§ EXTRACTED RECORDS
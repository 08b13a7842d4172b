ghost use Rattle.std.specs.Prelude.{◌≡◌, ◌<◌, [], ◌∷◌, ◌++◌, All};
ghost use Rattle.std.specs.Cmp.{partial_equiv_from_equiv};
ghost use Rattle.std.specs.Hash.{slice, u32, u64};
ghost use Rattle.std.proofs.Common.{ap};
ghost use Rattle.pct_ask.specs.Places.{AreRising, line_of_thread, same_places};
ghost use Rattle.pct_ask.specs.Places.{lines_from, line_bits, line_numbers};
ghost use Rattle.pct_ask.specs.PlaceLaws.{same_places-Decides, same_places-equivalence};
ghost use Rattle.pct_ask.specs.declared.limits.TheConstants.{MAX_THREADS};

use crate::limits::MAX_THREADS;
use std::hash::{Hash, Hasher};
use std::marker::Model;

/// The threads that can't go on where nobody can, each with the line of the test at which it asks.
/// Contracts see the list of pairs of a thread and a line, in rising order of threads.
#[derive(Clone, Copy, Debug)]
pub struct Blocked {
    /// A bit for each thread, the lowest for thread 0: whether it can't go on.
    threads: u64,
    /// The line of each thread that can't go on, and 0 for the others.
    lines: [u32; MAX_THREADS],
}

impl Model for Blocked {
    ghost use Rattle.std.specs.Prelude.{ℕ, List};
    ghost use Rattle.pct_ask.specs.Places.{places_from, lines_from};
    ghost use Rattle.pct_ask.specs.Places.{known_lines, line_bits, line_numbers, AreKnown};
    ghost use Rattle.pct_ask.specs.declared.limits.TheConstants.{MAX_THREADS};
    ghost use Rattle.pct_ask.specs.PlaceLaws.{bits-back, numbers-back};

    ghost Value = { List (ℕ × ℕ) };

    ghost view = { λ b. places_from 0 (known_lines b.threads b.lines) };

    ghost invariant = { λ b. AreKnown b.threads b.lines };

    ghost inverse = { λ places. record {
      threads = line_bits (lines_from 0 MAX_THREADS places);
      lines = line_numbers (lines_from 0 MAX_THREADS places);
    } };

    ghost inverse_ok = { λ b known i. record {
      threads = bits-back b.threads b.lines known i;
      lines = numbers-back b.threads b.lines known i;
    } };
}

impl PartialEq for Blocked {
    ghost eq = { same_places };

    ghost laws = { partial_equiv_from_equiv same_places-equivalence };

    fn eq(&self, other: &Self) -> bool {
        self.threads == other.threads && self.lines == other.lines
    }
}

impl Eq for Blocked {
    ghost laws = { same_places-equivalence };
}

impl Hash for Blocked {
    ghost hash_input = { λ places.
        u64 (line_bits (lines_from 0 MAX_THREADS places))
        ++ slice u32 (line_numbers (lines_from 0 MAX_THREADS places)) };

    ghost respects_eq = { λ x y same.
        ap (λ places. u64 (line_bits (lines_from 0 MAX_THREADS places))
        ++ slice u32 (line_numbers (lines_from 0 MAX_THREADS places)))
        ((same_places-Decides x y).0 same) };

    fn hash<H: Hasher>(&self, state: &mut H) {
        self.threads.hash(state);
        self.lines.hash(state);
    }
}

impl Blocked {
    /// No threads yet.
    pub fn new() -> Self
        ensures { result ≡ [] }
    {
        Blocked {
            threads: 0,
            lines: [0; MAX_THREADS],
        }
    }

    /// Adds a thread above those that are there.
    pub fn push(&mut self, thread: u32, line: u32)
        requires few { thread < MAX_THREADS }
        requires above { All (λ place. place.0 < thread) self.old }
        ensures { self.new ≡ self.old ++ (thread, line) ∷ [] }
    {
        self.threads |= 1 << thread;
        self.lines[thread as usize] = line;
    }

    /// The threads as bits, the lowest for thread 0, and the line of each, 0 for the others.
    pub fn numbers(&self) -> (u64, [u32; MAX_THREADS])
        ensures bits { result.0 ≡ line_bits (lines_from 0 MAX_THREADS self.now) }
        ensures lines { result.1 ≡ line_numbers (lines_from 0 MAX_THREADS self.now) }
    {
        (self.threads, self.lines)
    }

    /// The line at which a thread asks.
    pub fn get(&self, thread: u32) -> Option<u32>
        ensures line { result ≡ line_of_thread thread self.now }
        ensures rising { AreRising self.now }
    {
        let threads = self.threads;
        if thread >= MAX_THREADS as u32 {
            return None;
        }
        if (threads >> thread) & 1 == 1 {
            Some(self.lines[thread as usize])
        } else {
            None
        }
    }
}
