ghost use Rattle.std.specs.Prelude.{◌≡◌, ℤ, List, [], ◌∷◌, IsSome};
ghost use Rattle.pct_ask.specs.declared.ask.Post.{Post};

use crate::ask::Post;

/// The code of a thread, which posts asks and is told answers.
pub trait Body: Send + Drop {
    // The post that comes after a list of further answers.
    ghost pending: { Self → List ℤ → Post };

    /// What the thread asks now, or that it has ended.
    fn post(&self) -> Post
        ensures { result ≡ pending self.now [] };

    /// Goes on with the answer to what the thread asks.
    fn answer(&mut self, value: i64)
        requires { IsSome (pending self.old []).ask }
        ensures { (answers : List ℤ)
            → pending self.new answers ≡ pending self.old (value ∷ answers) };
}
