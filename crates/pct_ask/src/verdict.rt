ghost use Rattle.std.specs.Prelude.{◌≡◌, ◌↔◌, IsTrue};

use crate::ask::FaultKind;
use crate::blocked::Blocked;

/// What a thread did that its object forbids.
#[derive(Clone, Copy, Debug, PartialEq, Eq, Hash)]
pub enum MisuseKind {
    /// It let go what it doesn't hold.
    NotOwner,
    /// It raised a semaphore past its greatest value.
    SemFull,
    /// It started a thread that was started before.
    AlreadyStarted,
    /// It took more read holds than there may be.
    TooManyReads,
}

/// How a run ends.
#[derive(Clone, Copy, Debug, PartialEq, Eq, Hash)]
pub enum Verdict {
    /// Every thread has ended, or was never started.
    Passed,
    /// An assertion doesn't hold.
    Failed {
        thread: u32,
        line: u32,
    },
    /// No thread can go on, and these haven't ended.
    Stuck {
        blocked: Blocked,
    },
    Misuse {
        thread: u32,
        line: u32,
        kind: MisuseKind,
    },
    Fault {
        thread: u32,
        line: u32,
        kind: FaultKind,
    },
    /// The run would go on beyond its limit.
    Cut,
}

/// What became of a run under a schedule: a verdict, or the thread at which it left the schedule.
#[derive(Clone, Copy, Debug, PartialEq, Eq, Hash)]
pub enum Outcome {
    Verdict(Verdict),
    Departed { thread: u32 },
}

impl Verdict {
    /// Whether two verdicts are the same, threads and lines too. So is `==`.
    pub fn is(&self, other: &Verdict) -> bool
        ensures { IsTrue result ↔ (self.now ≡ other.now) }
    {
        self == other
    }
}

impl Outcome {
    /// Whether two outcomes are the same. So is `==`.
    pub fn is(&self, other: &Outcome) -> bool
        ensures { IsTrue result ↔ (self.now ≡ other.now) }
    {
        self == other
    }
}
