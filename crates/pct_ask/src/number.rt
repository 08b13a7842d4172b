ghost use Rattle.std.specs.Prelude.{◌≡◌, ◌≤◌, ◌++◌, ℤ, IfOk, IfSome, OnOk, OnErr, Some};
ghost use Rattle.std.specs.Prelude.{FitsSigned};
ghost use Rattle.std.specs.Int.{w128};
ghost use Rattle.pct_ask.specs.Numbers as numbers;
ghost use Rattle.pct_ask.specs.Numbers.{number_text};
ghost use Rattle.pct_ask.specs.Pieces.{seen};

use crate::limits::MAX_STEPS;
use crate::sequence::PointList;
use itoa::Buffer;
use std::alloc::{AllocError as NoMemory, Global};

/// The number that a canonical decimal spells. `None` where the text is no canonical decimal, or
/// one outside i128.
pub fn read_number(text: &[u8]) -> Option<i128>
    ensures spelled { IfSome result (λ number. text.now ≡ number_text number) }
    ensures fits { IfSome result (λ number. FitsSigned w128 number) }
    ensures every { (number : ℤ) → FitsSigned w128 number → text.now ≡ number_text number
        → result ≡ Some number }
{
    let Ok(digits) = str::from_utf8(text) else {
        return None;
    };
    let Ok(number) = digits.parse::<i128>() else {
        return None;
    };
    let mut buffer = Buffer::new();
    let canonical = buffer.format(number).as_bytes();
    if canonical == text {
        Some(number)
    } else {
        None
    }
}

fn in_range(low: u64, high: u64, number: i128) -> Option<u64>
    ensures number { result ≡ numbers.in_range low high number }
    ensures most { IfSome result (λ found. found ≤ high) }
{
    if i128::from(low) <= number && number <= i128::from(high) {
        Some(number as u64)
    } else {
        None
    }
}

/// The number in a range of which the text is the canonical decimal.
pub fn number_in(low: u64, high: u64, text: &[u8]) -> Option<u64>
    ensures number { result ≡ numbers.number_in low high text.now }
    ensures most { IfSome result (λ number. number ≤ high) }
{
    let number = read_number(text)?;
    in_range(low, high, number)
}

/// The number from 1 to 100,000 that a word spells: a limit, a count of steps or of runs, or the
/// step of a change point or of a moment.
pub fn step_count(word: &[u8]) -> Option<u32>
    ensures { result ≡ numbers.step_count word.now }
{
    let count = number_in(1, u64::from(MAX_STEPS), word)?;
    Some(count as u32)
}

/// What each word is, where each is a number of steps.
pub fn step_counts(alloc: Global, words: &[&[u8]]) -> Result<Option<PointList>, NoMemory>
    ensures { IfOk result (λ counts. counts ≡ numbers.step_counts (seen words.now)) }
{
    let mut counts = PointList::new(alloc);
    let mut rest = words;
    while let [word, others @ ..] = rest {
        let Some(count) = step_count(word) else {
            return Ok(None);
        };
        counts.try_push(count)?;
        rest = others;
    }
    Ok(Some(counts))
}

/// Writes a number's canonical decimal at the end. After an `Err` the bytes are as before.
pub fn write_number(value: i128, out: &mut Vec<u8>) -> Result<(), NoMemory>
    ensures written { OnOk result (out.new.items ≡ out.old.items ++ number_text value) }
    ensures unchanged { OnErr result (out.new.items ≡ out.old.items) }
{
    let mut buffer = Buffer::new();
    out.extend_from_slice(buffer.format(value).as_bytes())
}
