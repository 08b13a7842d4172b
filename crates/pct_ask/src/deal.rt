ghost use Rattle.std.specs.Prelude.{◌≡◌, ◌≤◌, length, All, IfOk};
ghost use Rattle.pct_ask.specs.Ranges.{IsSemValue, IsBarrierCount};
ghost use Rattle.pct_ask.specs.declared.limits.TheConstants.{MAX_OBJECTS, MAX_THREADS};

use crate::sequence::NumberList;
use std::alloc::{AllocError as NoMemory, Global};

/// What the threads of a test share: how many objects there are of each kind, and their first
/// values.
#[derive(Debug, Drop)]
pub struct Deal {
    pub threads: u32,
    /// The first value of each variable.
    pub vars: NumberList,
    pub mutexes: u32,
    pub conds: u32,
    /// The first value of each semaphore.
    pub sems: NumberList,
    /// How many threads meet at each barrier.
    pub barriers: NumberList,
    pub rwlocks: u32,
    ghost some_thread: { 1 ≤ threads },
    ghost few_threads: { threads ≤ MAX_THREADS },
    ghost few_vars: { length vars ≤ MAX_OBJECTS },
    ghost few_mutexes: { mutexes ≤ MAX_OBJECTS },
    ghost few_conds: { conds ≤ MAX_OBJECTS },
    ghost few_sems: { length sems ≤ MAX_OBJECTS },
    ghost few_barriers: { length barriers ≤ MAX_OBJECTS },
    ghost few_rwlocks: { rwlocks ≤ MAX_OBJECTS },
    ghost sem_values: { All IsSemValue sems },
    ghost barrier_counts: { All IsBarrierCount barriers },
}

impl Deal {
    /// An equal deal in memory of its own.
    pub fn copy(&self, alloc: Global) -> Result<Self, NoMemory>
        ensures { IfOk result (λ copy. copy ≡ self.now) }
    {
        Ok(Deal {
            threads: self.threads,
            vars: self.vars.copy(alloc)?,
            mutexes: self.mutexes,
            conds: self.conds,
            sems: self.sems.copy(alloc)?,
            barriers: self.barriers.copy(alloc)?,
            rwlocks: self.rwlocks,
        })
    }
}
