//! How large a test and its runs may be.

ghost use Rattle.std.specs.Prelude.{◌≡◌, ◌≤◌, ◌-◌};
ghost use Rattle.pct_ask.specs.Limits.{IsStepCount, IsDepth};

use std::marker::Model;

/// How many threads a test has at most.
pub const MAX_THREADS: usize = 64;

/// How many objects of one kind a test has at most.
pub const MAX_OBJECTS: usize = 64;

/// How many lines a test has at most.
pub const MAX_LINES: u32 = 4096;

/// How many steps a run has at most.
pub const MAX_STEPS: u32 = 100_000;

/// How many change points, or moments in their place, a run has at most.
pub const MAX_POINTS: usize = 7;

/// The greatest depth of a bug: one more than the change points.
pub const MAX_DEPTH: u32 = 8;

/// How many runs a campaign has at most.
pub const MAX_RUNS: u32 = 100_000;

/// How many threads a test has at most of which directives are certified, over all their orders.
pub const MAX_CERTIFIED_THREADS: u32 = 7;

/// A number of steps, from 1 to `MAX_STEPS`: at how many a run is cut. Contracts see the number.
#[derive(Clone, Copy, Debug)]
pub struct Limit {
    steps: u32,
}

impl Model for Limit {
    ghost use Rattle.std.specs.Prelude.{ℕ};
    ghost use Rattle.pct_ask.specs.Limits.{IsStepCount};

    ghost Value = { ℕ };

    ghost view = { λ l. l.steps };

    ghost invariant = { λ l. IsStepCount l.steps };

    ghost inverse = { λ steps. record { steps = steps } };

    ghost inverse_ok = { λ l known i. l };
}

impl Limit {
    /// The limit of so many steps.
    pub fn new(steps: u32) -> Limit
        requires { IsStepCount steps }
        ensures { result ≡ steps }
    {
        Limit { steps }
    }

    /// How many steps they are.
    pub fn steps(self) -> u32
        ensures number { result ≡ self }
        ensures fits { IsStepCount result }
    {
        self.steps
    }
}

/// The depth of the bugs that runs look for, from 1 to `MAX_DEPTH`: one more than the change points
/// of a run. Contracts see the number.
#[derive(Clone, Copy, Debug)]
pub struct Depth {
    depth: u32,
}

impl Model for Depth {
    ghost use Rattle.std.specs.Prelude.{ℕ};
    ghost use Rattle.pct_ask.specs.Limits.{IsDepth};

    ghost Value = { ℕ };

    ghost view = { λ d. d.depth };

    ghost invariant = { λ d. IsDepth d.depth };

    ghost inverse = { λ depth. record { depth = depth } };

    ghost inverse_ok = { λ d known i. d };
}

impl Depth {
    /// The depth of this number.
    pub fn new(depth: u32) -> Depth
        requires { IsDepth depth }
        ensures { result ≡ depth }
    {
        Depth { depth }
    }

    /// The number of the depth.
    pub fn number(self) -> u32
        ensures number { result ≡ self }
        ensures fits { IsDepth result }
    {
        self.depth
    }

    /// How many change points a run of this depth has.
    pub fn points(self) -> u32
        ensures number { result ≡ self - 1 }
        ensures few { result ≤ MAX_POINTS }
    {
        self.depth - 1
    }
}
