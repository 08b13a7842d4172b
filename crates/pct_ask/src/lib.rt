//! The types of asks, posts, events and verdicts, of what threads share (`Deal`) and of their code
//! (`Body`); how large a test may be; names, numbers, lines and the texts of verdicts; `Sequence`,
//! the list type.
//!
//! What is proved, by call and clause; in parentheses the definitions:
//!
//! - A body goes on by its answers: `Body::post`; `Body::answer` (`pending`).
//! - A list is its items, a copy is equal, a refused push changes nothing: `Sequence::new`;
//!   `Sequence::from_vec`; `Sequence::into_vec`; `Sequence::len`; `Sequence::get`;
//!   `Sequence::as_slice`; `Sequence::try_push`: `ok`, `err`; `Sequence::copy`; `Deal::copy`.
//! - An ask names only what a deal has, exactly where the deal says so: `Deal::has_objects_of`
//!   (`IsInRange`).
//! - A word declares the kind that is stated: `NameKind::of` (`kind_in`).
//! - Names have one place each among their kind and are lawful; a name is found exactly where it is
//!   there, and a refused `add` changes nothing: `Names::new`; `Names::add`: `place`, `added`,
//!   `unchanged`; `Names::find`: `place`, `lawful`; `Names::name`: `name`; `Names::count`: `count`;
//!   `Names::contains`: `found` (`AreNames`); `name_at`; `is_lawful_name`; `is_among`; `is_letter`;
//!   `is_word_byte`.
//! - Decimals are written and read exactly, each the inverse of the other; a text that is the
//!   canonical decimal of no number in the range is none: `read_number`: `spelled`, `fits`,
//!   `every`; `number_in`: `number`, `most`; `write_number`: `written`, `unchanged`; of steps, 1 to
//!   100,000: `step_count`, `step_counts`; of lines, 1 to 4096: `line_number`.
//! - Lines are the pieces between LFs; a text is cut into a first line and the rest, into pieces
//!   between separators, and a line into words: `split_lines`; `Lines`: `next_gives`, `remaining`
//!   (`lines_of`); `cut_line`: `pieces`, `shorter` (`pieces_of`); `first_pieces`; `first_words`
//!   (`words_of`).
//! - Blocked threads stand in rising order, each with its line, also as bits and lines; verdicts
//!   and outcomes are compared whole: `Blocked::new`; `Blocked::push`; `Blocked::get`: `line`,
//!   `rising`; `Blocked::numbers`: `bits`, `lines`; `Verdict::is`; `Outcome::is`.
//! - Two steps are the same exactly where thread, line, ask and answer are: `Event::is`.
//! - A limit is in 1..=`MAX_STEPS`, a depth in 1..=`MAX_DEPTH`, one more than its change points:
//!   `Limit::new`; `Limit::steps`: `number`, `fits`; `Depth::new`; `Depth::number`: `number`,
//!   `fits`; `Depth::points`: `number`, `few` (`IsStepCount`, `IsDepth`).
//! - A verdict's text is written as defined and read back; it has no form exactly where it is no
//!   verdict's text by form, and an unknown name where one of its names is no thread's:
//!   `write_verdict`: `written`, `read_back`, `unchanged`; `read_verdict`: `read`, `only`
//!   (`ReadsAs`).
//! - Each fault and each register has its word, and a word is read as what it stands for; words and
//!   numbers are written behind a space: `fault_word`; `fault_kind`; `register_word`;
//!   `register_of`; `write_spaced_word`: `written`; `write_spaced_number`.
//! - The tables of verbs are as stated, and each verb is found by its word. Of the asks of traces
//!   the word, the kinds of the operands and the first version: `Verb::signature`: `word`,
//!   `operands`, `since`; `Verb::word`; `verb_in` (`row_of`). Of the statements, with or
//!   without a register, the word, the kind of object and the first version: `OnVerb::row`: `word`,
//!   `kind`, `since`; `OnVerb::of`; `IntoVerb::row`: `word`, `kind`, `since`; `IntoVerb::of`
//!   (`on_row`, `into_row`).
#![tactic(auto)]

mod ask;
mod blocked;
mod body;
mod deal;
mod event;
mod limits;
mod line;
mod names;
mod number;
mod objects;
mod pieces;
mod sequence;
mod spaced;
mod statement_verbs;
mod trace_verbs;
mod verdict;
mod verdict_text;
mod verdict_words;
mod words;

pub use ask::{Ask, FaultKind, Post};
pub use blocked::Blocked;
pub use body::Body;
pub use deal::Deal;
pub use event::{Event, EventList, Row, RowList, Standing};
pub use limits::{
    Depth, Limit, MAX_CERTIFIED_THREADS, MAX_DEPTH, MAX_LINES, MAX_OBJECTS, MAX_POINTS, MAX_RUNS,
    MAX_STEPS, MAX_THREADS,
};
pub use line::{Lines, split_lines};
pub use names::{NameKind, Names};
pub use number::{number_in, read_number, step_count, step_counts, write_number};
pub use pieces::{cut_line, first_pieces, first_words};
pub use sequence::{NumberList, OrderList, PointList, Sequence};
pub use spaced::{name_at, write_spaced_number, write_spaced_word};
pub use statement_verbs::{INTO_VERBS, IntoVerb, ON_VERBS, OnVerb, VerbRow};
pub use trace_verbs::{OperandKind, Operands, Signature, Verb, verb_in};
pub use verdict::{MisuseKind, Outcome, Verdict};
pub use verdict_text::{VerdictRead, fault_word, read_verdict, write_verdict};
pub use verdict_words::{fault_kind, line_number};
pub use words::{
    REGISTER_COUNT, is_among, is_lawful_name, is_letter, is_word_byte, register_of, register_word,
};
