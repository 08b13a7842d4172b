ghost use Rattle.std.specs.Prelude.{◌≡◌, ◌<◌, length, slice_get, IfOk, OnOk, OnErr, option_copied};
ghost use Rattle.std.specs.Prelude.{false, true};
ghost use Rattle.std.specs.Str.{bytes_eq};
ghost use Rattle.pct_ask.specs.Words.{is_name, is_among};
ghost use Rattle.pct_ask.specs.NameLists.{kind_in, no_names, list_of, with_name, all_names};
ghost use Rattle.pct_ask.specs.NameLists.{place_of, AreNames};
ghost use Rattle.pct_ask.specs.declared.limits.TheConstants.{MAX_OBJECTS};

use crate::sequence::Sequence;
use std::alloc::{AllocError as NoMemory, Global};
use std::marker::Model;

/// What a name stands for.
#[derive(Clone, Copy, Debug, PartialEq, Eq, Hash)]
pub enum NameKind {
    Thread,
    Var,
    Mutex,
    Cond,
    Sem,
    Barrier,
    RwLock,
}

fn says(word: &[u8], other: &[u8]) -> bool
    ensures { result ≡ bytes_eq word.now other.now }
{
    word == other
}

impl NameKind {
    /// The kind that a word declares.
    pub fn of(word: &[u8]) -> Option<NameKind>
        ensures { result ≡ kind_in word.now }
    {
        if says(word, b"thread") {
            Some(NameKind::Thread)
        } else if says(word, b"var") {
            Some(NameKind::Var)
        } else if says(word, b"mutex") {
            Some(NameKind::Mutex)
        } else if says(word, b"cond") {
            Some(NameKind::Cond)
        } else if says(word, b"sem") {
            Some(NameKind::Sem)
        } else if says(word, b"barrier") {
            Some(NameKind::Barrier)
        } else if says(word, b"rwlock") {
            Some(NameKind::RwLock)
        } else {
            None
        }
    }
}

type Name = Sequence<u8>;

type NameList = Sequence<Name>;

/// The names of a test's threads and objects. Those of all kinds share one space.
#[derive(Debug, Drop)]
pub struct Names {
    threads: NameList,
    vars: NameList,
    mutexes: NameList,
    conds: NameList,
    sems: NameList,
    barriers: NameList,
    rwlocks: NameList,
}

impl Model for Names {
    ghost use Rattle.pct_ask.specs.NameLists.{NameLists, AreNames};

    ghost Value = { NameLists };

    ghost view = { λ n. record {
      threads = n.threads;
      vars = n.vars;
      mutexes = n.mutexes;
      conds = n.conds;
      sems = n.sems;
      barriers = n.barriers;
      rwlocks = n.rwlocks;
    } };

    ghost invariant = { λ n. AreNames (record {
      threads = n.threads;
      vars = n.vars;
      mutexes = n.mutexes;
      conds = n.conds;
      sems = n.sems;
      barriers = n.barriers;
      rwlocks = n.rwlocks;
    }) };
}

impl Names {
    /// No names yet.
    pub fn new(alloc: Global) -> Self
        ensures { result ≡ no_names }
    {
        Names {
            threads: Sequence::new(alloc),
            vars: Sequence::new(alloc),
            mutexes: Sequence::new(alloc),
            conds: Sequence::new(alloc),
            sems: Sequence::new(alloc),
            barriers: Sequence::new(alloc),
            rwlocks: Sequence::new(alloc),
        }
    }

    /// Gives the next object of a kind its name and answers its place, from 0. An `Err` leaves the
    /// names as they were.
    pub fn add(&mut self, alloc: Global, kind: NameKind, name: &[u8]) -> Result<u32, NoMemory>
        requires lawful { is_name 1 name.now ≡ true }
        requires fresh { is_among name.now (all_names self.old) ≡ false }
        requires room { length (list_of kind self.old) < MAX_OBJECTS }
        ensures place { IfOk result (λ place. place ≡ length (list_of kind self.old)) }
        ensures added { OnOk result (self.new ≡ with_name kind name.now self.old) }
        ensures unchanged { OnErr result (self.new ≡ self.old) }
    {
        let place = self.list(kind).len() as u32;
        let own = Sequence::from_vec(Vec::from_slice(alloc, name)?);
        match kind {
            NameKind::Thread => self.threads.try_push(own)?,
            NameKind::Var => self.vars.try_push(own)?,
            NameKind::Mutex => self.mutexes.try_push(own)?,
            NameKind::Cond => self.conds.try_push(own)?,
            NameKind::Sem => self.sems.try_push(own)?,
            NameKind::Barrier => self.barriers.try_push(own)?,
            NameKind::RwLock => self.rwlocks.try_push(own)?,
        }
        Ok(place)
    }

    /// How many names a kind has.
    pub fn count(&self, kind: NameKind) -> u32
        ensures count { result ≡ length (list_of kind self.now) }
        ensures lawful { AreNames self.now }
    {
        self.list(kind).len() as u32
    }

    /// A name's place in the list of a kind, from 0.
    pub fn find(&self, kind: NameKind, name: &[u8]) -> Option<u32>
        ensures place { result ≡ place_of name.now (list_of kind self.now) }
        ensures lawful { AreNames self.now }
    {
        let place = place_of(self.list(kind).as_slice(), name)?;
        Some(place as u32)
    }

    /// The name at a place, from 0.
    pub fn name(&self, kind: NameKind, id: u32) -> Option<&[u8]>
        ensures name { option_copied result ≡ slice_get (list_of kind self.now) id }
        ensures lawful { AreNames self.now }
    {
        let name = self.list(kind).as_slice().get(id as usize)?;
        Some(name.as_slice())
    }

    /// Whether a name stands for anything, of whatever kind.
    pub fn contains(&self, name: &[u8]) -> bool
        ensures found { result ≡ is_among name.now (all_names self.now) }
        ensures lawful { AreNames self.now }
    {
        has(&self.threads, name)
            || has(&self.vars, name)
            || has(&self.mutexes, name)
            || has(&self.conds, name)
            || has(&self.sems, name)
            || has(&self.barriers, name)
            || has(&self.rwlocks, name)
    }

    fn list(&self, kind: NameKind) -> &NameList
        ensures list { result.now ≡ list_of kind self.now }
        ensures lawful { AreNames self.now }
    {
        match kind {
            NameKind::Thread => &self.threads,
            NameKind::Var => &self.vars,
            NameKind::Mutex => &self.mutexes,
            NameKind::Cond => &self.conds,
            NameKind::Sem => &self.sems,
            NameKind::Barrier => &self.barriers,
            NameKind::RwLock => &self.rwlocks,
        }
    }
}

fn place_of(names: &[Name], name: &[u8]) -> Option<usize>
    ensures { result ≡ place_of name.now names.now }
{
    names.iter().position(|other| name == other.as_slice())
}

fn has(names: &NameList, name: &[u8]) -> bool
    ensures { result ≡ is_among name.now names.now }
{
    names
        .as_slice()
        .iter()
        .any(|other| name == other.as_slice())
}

§ REQUIRED ACTION
Copy only this part of the entries above: the line with "mod trace_verbs;", the line with "result ≡ kind_in", and the lines between, all exactly as written.

§ WRITTEN SOLUTION
mod trace_verbs;
mod verdict;
mod verdict_text;
mod verdict_words;
mod words;

pub use ask::{Ask, FaultKind, Post};
pub use blocked::Blocked;
pub use body::Body;
pub use deal::Deal;
pub use event::{Event, EventList, Row, RowList, Standing};
pub use limits::{
    Depth, Limit, MAX_CERTIFIED_THREADS, MAX_DEPTH, MAX_LINES, MAX_OBJECTS, MAX_POINTS, MAX_RUNS,
    MAX_STEPS, MAX_THREADS,
};
pub use line::{Lines, split_lines};
pub use names::{NameKind, Names};
pub use number::{number_in, read_number, step_count, step_counts, write_number};
pub use pieces::{cut_line, first_pieces, first_words};
pub use sequence::{NumberList, OrderList, PointList, Sequence};
pub use spaced::{name_at, write_spaced_number, write_spaced_word};
pub use statement_verbs::{INTO_VERBS, IntoVerb, ON_VERBS, OnVerb, VerbRow};
pub use trace_verbs::{OperandKind, Operands, Signature, Verb, verb_in};
pub use verdict::{MisuseKind, Outcome, Verdict};
pub use verdict_text::{VerdictRead, fault_word, read_verdict, write_verdict};
pub use verdict_words::{fault_kind, line_number};
pub use words::{
    REGISTER_COUNT, is_among, is_lawful_name, is_letter, is_word_byte, register_of, register_word,
};
repository 08b13a7842d4172b
ghost use Rattle.std.specs.Prelude.{◌≡◌, ◌<◌, length, slice_get, IfOk, OnOk, OnErr, option_copied};
ghost use Rattle.std.specs.Prelude.{false, true};
ghost use Rattle.std.specs.Str.{bytes_eq};
ghost use Rattle.pct_ask.specs.Words.{is_name, is_among};
ghost use Rattle.pct_ask.specs.NameLists.{kind_in, no_names, list_of, with_name, all_names};
ghost use Rattle.pct_ask.specs.NameLists.{place_of, AreNames};
ghost use Rattle.pct_ask.specs.declared.limits.TheConstants.{MAX_OBJECTS};

use crate::sequence::Sequence;
use std::alloc::{AllocError as NoMemory, Global};
use std::marker::Model;

/// What a name stands for.
#[derive(Clone, Copy, Debug, PartialEq, Eq, Hash)]
pub enum NameKind {
    Thread,
    Var,
    Mutex,
    Cond,
    Sem,
    Barrier,
    RwLock,
}

fn says(word: &[u8], other: &[u8]) -> bool
    ensures { result ≡ bytes_eq word.now other.now }
{
    word == other
}

impl NameKind {
    /// The kind that a word declares.
    pub fn of(word: &[u8]) -> Option<NameKind>
        ensures { result ≡ kind_in word.now }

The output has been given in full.